The NHL has lost sight of what it's like to be anyone (speaking from a middle-aged guy perspective) who remembers what it was like to play road hockey, pond hockey, shinny, imagining themselves as Richard, Keon, Gretzky, or Sundin, or the feeling of loyalty and sportsmanship that the *fans* have. It has to be a business in order to operate and organize, but it's a business about sport, culture, and heritage.

Bring teams to where the fans are. SW Ontario is ripe with them.

Peace, Mooh.


----------



## Starbuck (Jun 15, 2007)

http://ca.sports.yahoo.com/nhl/blog...uts-himself-Coyotes-out-of-coa?urn=nhl,191827


----------



## Mooh (Mar 7, 2007)

Dave King, Ulf Samuelsson. Hmmm...should work.

Peace, Mooh.


----------



## GuitarsCanada (Dec 30, 2005)

Mooh said:


> This is what it should be about, right? The fans?
> 
> The NHL has lost sight of what it's like to be anyone (speaking from a middle-aged guy perspective) who remembers what it was like to play road hockey, pond hockey, shinny, imagining themselves as Richard, Keon, Gretzky, or Sundin, or the feeling of loyalty and sportsmanship that the *fans* have. It has to be a business in order to operate and organize, but it's a business about sport, culture, and heritage.
> 
> ...


Same as the NFL. I was always hoping they would put an NFL team in Toronto. But after spending many years running around in the states and seeing what happens over there each fall I don't think it would work here. They get 2000 people out to pop warner league games over there. Most high schools have seating for at least 4000 and more. College games are 80,000 to 100,000 fans. It's their game, we just dont have that kind of grass roots support. Now hockey is fairly big in Michigan but the majority of the country could care less.


----------



## GuitarsCanada (Dec 30, 2005)

*Gretzky Finished With Hockey*

Intersting development involving the Coyote situation.

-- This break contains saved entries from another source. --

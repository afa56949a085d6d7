//! How long serving takes.
use crate::play::Play;
use crate::steps::{Ask, Step, request};
use std::alloc::Global;
use std::test::Fail;
use std::time::{Clock, Instant};

/// So many traces, reads and writes of the task.
fn ask(play: &mut Play, task: u32, rounds: u32) {
    let trace = request(Ask::Trace("x"));
    let read = request(Ask::ReadCount);
    let write = request(Ask::WriteCount(5));
    for _ in 0..rounds {
        let _trace = play.serve(task, &trace);
        let _read = play.serve(task, &read);
        let _write = play.serve(task, &write);
    }
}

/// The microseconds that so many traces, reads and writes of the task take.
fn micros(clock: &impl Clock, play: &mut Play, task: u32, rounds: u32) -> Result<u64, Fail> {
    let start = Instant::now(clock)?;
    ask(play, task, rounds);
    let passed = start.elapsed(clock)?;
    Ok(passed.as_secs() % 1_000_000 * 1_000_000 + u64::from(passed.subsec_micros()))
}

/// The microseconds that 5,000 traces, reads and writes of the last task take beside so many cells besides three, where all
/// tasks before it have been killed.
fn micros_beside(clock: &impl Clock, alloc: Global, cells: usize, last: u16) -> Result<u64, Fail> {
    let mut play = Play::new(alloc, cells)?;
    let _first = play.told(Step::Starts(1));
    let _others = play.told(Step::Follows(1, i32::from(last)));
    micros(clock, &mut play, u32::from(last), 5_000)
}

/// A trace, a read and a write walk over no tasks that have ended, and over no other cells.
#[test]
fn serving_is_as_fast_beside_4000_ended_tasks_and_100000_cells(
    rt: HostRuntime,
) -> Result<(), Fail> {
    let alone = micros_beside(&rt, rt.alloc(), 0, 1)?;
    let beside = micros_beside(&rt, rt.alloc(), 99_997, 4_001)?;
    println!(rt;
        "15000 requests: {alone} microseconds alone, {beside} beside 4000 ended tasks and 100000 cells"
    )?;
    assert!(rt; beside / 20 <= alone);
    Ok(())
}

> When the phone rang in his Brantford home yesterday Walter Gretzky said he had no idea it would be his son, Wayne, telling him he is no longer going to be involved with the Phoenix Coyotes or the National Hockey League.
> 
> “I was stunned,” said venerable 70-year-old Walter, adding he can’t imagine his 48-year-old son, Wayne, not having some connection to hockey.
> 
> ...


Source: Canoe Sports


----------



## guitarman2 (Aug 25, 2006)

> He said Wayne expressed to him “his disappointment” and that he “didn’t get the backing of the NHL” and is “all on his own.”


Another reason Betteman will look like a putz.


----------



## Marnacious (Dec 30, 2005)

guitarman2 said:


> Another reason Betteman will look like a putz.

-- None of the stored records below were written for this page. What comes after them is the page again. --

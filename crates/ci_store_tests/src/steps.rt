//! What a row of a table does.
ghost use Rattle.ci_shared.specs.Laws.{IsFormed};
ghost use Rattle.ci_shared.specs.Started.{Basis};
ghost use Rattle.ci_store_tests.specs.Cells.{HasCells};

use ci_base::{EventKind, Request, Text, Value};

/// A step of a row.
#[derive(Clone, Copy)]
pub enum Step {
    /// The task makes a request.
    By(u32, Ask),
    /// The script has an event.
    Script(Tell),
    /// How each started task stands, and which are live.
    Tasks,
    /// Who owns the section of this name.
    Owner(&'static str),
    /// So many starts from `Main`: how many of them get the next number.
    Starts(i32),
    /// The tasks from the first number up to the one before the second are killed in turn, and after each a task is started from
    /// `Main`: how many of them are killed and followed by the next number.
    Follows(i32, i32),
    /// The event so many times over: how many of them do what they are for.
    Again(i32, Tell),
    /// A start from each of `F`, `Main`, `Two`, `All` and `Late` with this list: for how many of them it isn't of use.
    Misfits(&'static str),
}

/// A request. Its cell is that of `count` or that of `name`.
#[derive(Clone, Copy)]
pub enum Ask {
    ReadCount,
    ReadName,
    WriteCount(i32),
    WriteName(&'static str),
    TaskNew(&'static str, &'static str, i32),
    TaskKill(i32),
    TaskSuspend(i32),
    TaskResume(i32),
    TaskHnd(&'static str),
    Sleep(i32),
    SleepMS(i32),
    SemOpen(&'static str, i32),
    SemWait(i32, i32),
    SemSignal(i32),
    SemClose(i32),
    QueOpen(&'static str, i32),
    QueWrite(i32, i32, &'static str),
    QueRead(i32, i32),
    QueLength(i32),
    QueClose(i32),
    Enter(&'static str),
    Leave(&'static str),
    Trace(&'static str),
    SysTime,
    End(u8),
}

/// An event.
#[derive(Clone, Copy)]
pub enum Tell {
    Run(&'static str, &'static str),
    Tick(i32),
    Kill(i32),
    Suspend(i32),
    Resume(i32),
    Put(&'static str, i32, &'static str),
    Signal(&'static str),
    SetInt(&'static str, i32),
    SetText(&'static str, &'static str),
}

/// The text of a row, which has at most 255 bytes.
pub fn text(bytes: &str) -> Text {
    match Text::of(bytes.as_bytes()) {
        Some(text) => text,
        None => Text::empty(),
    }
}

/// The request of a row.
pub fn request(ask: Ask) -> Request
    ensures { (b : Basis) → HasCells b.kinds → IsFormed b result }
{
    match ask {
        Ask::ReadCount => Request::Read { cell: 0 },
        Ask::ReadName => Request::Read { cell: 1 },
        Ask::WriteCount(n) => Request::Write {
            cell: 0,
            value: Value::Int(n),
        },
        Ask::WriteName(bytes) => Request::Write {
            cell: 1,
            value: Value::Str(text(bytes)),
        },
        Ask::TaskNew(name, list, mode) => Request::TaskNew {
            name: text(name),
            list: text(list),
            mode,
        },
        Ask::TaskKill(n) => Request::TaskKill { n },
        Ask::TaskSuspend(n) => Request::TaskSuspend { n },
        Ask::TaskResume(n) => Request::TaskResume { n },
        Ask::TaskHnd(name) => Request::TaskHnd { name: text(name) },
        Ask::Sleep(n) => Request::Sleep { n },
        Ask::SleepMS(n) => Request::SleepMS { n },
        Ask::SemOpen(name, mode) => Request::SemOpen {
            name: text(name),
            mode,
        },
        Ask::SemWait(number, n) => Request::SemWait { number, n },
        Ask::SemSignal(number) => Request::SemSignal { number },
        Ask::SemClose(number) => Request::SemClose { number },
        Ask::QueOpen(name, mode) => Request::QueOpen {
            name: text(name),
            mode,
        },
        Ask::QueWrite(number, sort, bytes) => Request::QueWrite {
            number,
            sort,
            text: text(bytes),
        },
        Ask::QueRead(number, mode) => Request::QueRead { number, mode },
        Ask::QueLength(number) => Request::QueLength { number },
        Ask::QueClose(number) => Request::QueClose { number },
        Ask::Enter(name) => Request::Enter { text: text(name) },
        Ask::Leave(name) => Request::Leave { text: text(name) },
        Ask::Trace(bytes) => Request::Trace { text: text(bytes) },
        Ask::SysTime => Request::SysTime,
        Ask::End(code) => Request::End { code },
    }
}

/// The event of a row.
pub fn event(tell: Tell) -> EventKind {
    match tell {
        Tell::Run(name, list) => EventKind::Run {
            name: text(name),
            list: text(list),
        },
        Tell::Tick(ms) => EventKind::Tick { ms },
        Tell::Kill(n) => EventKind::Kill { n },
        Tell::Suspend(n) => EventKind::Suspend { n },
        Tell::Resume(n) => EventKind::Resume { n },
        Tell::Put(name, sort, bytes) => EventKind::Put {
            name: text(name),
            sort,
            text: text(bytes),
        },
        Tell::Signal(name) => EventKind::Signal { name: text(name) },
        Tell::SetInt(name, n) => EventKind::Set {
            name: text(name),
            value: Value::Int(n),
        },
        Tell::SetText(name, bytes) => EventKind::Set {
            name: text(name),
            value: Value::Str(text(bytes)),
        },
    }
}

I just read a large article in Maclean's on Balsillie and it essentially paints him as a lying, two faced, sub-human. Totally untrustworthy and a man that nobody in the NHL wants anything to do with.

Interesting.


----------



## Milkman (Feb 2, 2006)

Marnacious said:


> I just read a large article in Maclean's on Balsillie and it essentially paints him as a lying, two faced, sub-human. Totally untrustworthy and a man that nobody in the NHL wants anything to do with.
> 
> Interesting.


It might be interesting to see similar articles about Bettman and some of the existing NHL owners.



The fact of the matter is that it could be Sister Teresa making a bid to bring a team to Hamilton and the Leafs would still find a way to drag her through the mud.

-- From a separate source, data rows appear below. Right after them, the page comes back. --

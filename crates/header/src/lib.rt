// The header of an entry, read and spelt; and the room that an entry takes. Nothing else knows how a header is laid out.
// Every function that another crate can call is total: it is given a text's length as a u32, so that no sum can overflow.
#![tactic(auto)]

ghost use Rattle.std.specs.Prelude.{◌≡◌, ◌+◌, ◌≤◌, ◌<◌};
ghost use Rattle.packed.specs.Fields.{unpack, longest_field};
ghost use Rattle.header.specs.Header.{head_widths, serial_count, head_size, entry_size, head_number, fields_of};
ghost use Rattle.header.specs.Inner.Entry.{whole_head};
ghost use Rattle.header.specs.Entry.{first_head};

#[derive(Clone, Copy)]
pub struct Header {
    pub line: usize,
    pub spare: u8,
    pub count: usize,
    pub serial: u16,
}

// No header is shorter.
pub const LEAST_HEAD: usize = 4;

// What one weighs in the number that a header spells: of the text's length, of the spare bit, of the line.
const LENGTH_AT: u64 = 65536;

const SPARE_AT: u64 = 268435456;

const LINE_AT: u64 = 536870912;

// The bytes of a header, and of an entry, by the length of the text.
#[tactic(auto, unfolding(crate::specs::Header::head_size))]
pub fn head_size(count: u32) -> usize
    ensures { (result ≡ head_size count) × (result ≤ longest_field) }
{
    LEAST_HEAD
}

pub fn entry_size(count: u32) -> usize
    ensures { (result ≡ entry_size count) × (result ≤ longest_field + count) }
{
    head_size(count) + count as usize
}

// The number that the bytes of a header spell: its spare bit is 0. That the serial is one is said for callers that read it from an array.
pub fn number(line: u8, count: u32, serial: u16) -> u64
    ensures { (result ≡ head_number line count serial) × (serial < serial_count) }
{
    line as u64 * LINE_AT + count as u64 * LENGTH_AT + serial as u64
}

// The header that a number spells: line 3 bits, spare 1, text length 12, serial 16.
#[tactic(auto, using(crate::proofs::Heads::fields_by_number))]
fn fields(n: u64) -> Header
    ensures { result ≡ fields_of (unpack head_widths n) }
{
    Header {
        line: (n / LINE_AT % 8) as usize,
        spare: (n / SPARE_AT % 2) as u8,
        count: (n / LENGTH_AT % 4096) as usize,
        serial: (n % 65536) as u16,
    }
}

// The header, if an entry with it lies within `room` bytes.
#[tactic(auto, using(crate::proofs::Starts::no_whole, crate::proofs::Starts::a_whole))]
fn whole(h: Header, room: usize) -> Option<Header>
    ensures { result ≡ whole_head h room }
{
    // The length's two tests stand side by side: they are compiled to one.
    if h.count < 1 {
        return None;
    }
    if memory::MESSAGE_LIMIT < h.count {
        return None;
    }
    if h.spare != 0 {
        return None;
    }
    let count = h.count as u32;
    if room < entry_size(count) {
        return None;
    }
    Some(h)
}

// The header of the entry that s starts with, if it starts with a whole one. No byte of the text is read.
pub fn entry_at(s: &[u8]) -> Option<Header>
    ensures { result ≡ first_head s.now }
{
    let n = packed::read_field(s, 0, LEAST_HEAD)?;
    whole(fields(n), s.len())
}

This isn't the first attempt as we know.


----------



## puckhead (Sep 8, 2008)

Marnacious said:


> I just read a large article in Maclean's on Balsillie and it essentially paints him as a lying, two faced, sub-human. Totally untrustworthy and a man that nobody in the NHL wants anything to do with.
> 
> Interesting.


by-line: G Bettman. :smile:

Balsillie is definitely a corporate bully, and awfully quick to litigate. But so is Katz (Oilers). 

what the hell.... lets go down the list:
Preds - Delbaggio is in prison
Kings -McNall was in prison
Ducks - Samueli is in prison
Sabres - Rigas brothers both in prison
Islanders - remember John Spano? prison.
Devils - Dennis Kozlowski was a minority owner. prison.
Sharks - Greg Reyes. prison
Islanders again - Sanjay Kumar. prison
Tampa - Not in prison, but I don't know where to begin with these clowns.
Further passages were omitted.